Figuring out where I actually fit in the family I had always known while dodging the collateral damage in the form of angry siblings, feuding parents and a tsunami of extended family that felt the need to interject their own hateful diatribe into a child wasn’t easy.
You would think after being lied to and dealing with the aftershock of truth bombs exploding through my life that I would have stayed as far away from lies and the people who tell them as possible.
Truth is, I haven’t. It seems that I am a magnet for the delusional and pathological liars of the world which has made them super easier to spot. From online catfishing, to an ex-girlfriend telling mutual friends that I stabbed them (seriously, people believed her), to ‘friends’ who create intricate webs of lies that all eventually untangle in historic fashion after a few wines or simply over exaggerating a story to appear more interesting; I’ve seen it all. Which has left me more than a little sceptical.I too have a tendency to over exaggerate and it is an ugly trait that I have to keep in check daily and I’m not ashamed to admit that sometimes I fail, I am human. Owning the crappy parts of ourselves is the only way forward and recognising my own shortfalls is the healthiest way to make better choices.
I’m making a commitment to live my life authentically, truthfully and without hidden agendas. I am choosing to separate myself daily from anyone who doesn’t share the same philosophy. Nothing can or should stop me from continuing to speak up when things aren’t right or when people deserve to know the truth because, regardless of the situation, we all do. It’s not always easy to say it like it is, but I can guarantee that even through the fallout, the truth is beautiful because it’s real.

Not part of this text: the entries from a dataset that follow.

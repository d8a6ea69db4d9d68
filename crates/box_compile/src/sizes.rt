//! How many words the code of each form takes. The writers compare it with what they have written, so that no proof needs it.
use crate::needed::Needed;
use hume_base::{Box, List};
use hume_model::{BoxC, Core, EqC, Expr, InPat, PatC, Res, RuleC};

/// The words of a pattern's tests and of its variables, where its value is so many fields away from the stack.
#[cycle(pattern_words)]
pub(crate) fn pattern_words(pat: &PatC, fields: u32) -> u32 {
    match pat {
        PatC::Var => fields.saturating_add(1),
        PatC::Any => 0,
        PatC::Word(_) => fields.saturating_add(3),
        PatC::Con(_, parts) => {
            let own = fields.saturating_add(3);
            own.saturating_add(fields_words(parts.as_slice(), fields.saturating_add(1)))
        }
        PatC::Tuple(parts) => fields_words(parts.as_slice(), fields.saturating_add(1)),
    }
}

#[cycle(pattern_words)]
fn fields_words(parts: &[PatC], fields: u32) -> u32 {
    let mut words: u32 = 0;
    for part in parts {
        words = words.saturating_add(pattern_words(part, fields));
    }
    words
}

/// The words of an expression.
#[cycle(expression_words)]
pub(crate) fn expression_words(e: &Expr) -> u32 {
    match e {
        Expr::Word(_) => 2,
        Expr::Var(_) => 1,
        Expr::Con(_, parts) => parts_words(parts),
        Expr::Tuple(parts) => parts_words(parts),
        Expr::Vect(parts) => parts_words(parts),
        Expr::Prim(_, _, parts) => parts_words(parts),
        Expr::Index(_, vector, place) => more(two_words(vector, place), 1),
        Expr::Update(_, vector, place, item) => more(three_words(vector, place, item), 1),
        Expr::If(test, when_true, when_false) => more(three_words(test, when_true, when_false), 2),
        Expr::Case(part, _, arms) => case_words(part, arms),
        Expr::Let(part, body) => more(two_words(part, body), 1),
        Expr::Call(_, parts) => parts_words(parts),
        Expr::Raise(_, part) => raise_words(part),
    }
}

#[cycle(expression_words)]
fn two_words(first: &Box<Expr>, second: &Box<Expr>) -> u32 {
    let words = expression_words(first);
    words.saturating_add(expression_words(second))
}

#[cycle(expression_words)]
fn three_words(first: &Box<Expr>, second: &Box<Expr>, third: &Box<Expr>) -> u32 {
    let words = expression_words(first);
    words.saturating_add(two_words(second, third))
}

#[cycle(expression_words)]
fn case_words(part: &Box<Expr>, arms: &List<(PatC, Expr)>) -> u32 {
    let words = expression_words(part);
    words.saturating_add(arms_words(arms.as_slice()))
}

#[cycle(expression_words)]
fn raise_words(part: &Option<Box<Expr>>) -> u32 {
    match part {
        None => 3,
        Some(part) => more(expression_words(part), 1),
    }
}

// The words of parts, and of the instruction behind them.
#[cycle(expression_words)]
fn parts_words(parts: &List<Expr>) -> u32 {
    let mut words: u32 = 1;
    for part in parts.as_slice() {
        words = words.saturating_add(expression_words(part));
    }
    words
}

/// The words of alternatives, and of what raises behind them.
#[cycle(expression_words)]
pub(crate) fn arms_words(arms: &[(PatC, Expr)]) -> u32 {
    let mut words: u32 = 1;
    for arm in arms {
        words = words.saturating_add(arm_words(pattern_words(&arm.0, 0), expression_words(&arm.1)));
    }
    words
}

/// The words of an alternative: its pattern's, its expression's, and two instructions.
pub(crate) fn arm_words(pattern: u32, expression: u32) -> u32 {
    more(pattern.saturating_add(expression), 2)
}

fn more(words: u32, instructions: u32) -> u32 {
    words.saturating_add(instructions)
}

/// The words of an equation, with its `Return`.
pub(crate) fn equation_words(equation: &EqC) -> u32 {
    let mut words: u32 = 1;
    for pat in equation.pats.as_slice() {
        words = words.saturating_add(pattern_words(pat, 0));
    }
    words.saturating_add(expression_words(&equation.body))
}

/// The words of a result.
#[cycle(result_words)]
pub(crate) fn result_words(res: &Res) -> u32 {
    match res {
        Res::Outs(outs) => outs_words(outs),
        Res::If(test, when_true, when_false) => choice_words(test, when_true, when_false),
        Res::Case(part, _, arms) => result_case_words(part, arms),
        Res::Let(part, body) => binding_words(part, body),
        Res::Raise(_, part) => result_raise_words(part),
    }
}

#[cycle(result_words)]
fn choice_words(test: &Expr, when_true: &Box<Res>, when_false: &Box<Res>) -> u32 {
    let when_true = result_words(when_true);
    let when_false = result_words(when_false);
    more(
        expression_words(test).saturating_add(when_true.saturating_add(when_false)),
        1,
    )
}

#[cycle(result_words)]
fn result_case_words(part: &Expr, arms: &List<(PatC, Res)>) -> u32 {
    expression_words(part).saturating_add(result_arms_words(arms.as_slice()))
}

#[cycle(result_words)]
fn binding_words(part: &Expr, body: &Box<Res>) -> u32 {
    expression_words(part).saturating_add(result_words(body))
}

fn result_raise_words(part: &Option<Expr>) -> u32 {
    match part {
        None => 3,
        Some(part) => more(expression_words(part), 1),
    }
}

// The words of alternatives, and of what raises behind them.
#[cycle(result_words)]
fn result_arms_words(arms: &[(PatC, Res)]) -> u32 {
    let mut words: u32 = 1;
    for arm in arms {
        words = words.saturating_add(pattern_words(&arm.0, 0).saturating_add(result_words(&arm.1)));
    }
    words
}

// The words of the outputs that are there, and of the instruction behind them.
fn outs_words(outs: &List<Option<Expr>>) -> u32 {
    let mut words: u32 = 1;
    for out in outs.as_slice() {
        if let Some(e) = out {
            words = words.saturating_add(expression_words(e));
        }
    }
    words
}

/// The words of functions that are needed, of rules and of handlers.
pub(crate) fn box_words(core: &Core, b: &BoxC, needed: &Needed) -> u32 {
    let mut words: u32 = 0;
    for (i, function) in core.funs.as_slice().iter().enumerate() {
        if needed.has(i) {
            words = words.saturating_add(function_words(function.equations.as_slice()));
        }
    }
    for rule in b.rules.as_slice() {
        words = words.saturating_add(rule_words(rule));
    }
    for handler in b.handlers.as_slice() {
        words = words.saturating_add(more(result_words(&handler.result), 1));
    }
    words
}

fn function_words(equations: &[EqC]) -> u32 {
    let mut words: u32 = 1;
    for equation in equations {
        words = words.saturating_add(equation_words(equation));
    }
    words
}

fn rule_words(rule: &RuleC) -> u32 {
    let mut words = result_words(&rule.result);
    for pat in rule.pats.as_slice() {
        if let InPat::Built(pat) = pat {
            words = words.saturating_add(pattern_words(pat, 0));
        }
    }
    words
}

Wouldn’t it be nice if instead of pretending we’re all extra’s on Pretty Little Liars, we could pop on our big girl panties and just get on with letting the truth bombs fall where they may. Yes, being respectful is important so you should proceed with equal parts bravery and tact and no, it won’t always be pretty but I would rather be temporarily bruised by the truth than blissfully unaware and saturated in bullshit, any day.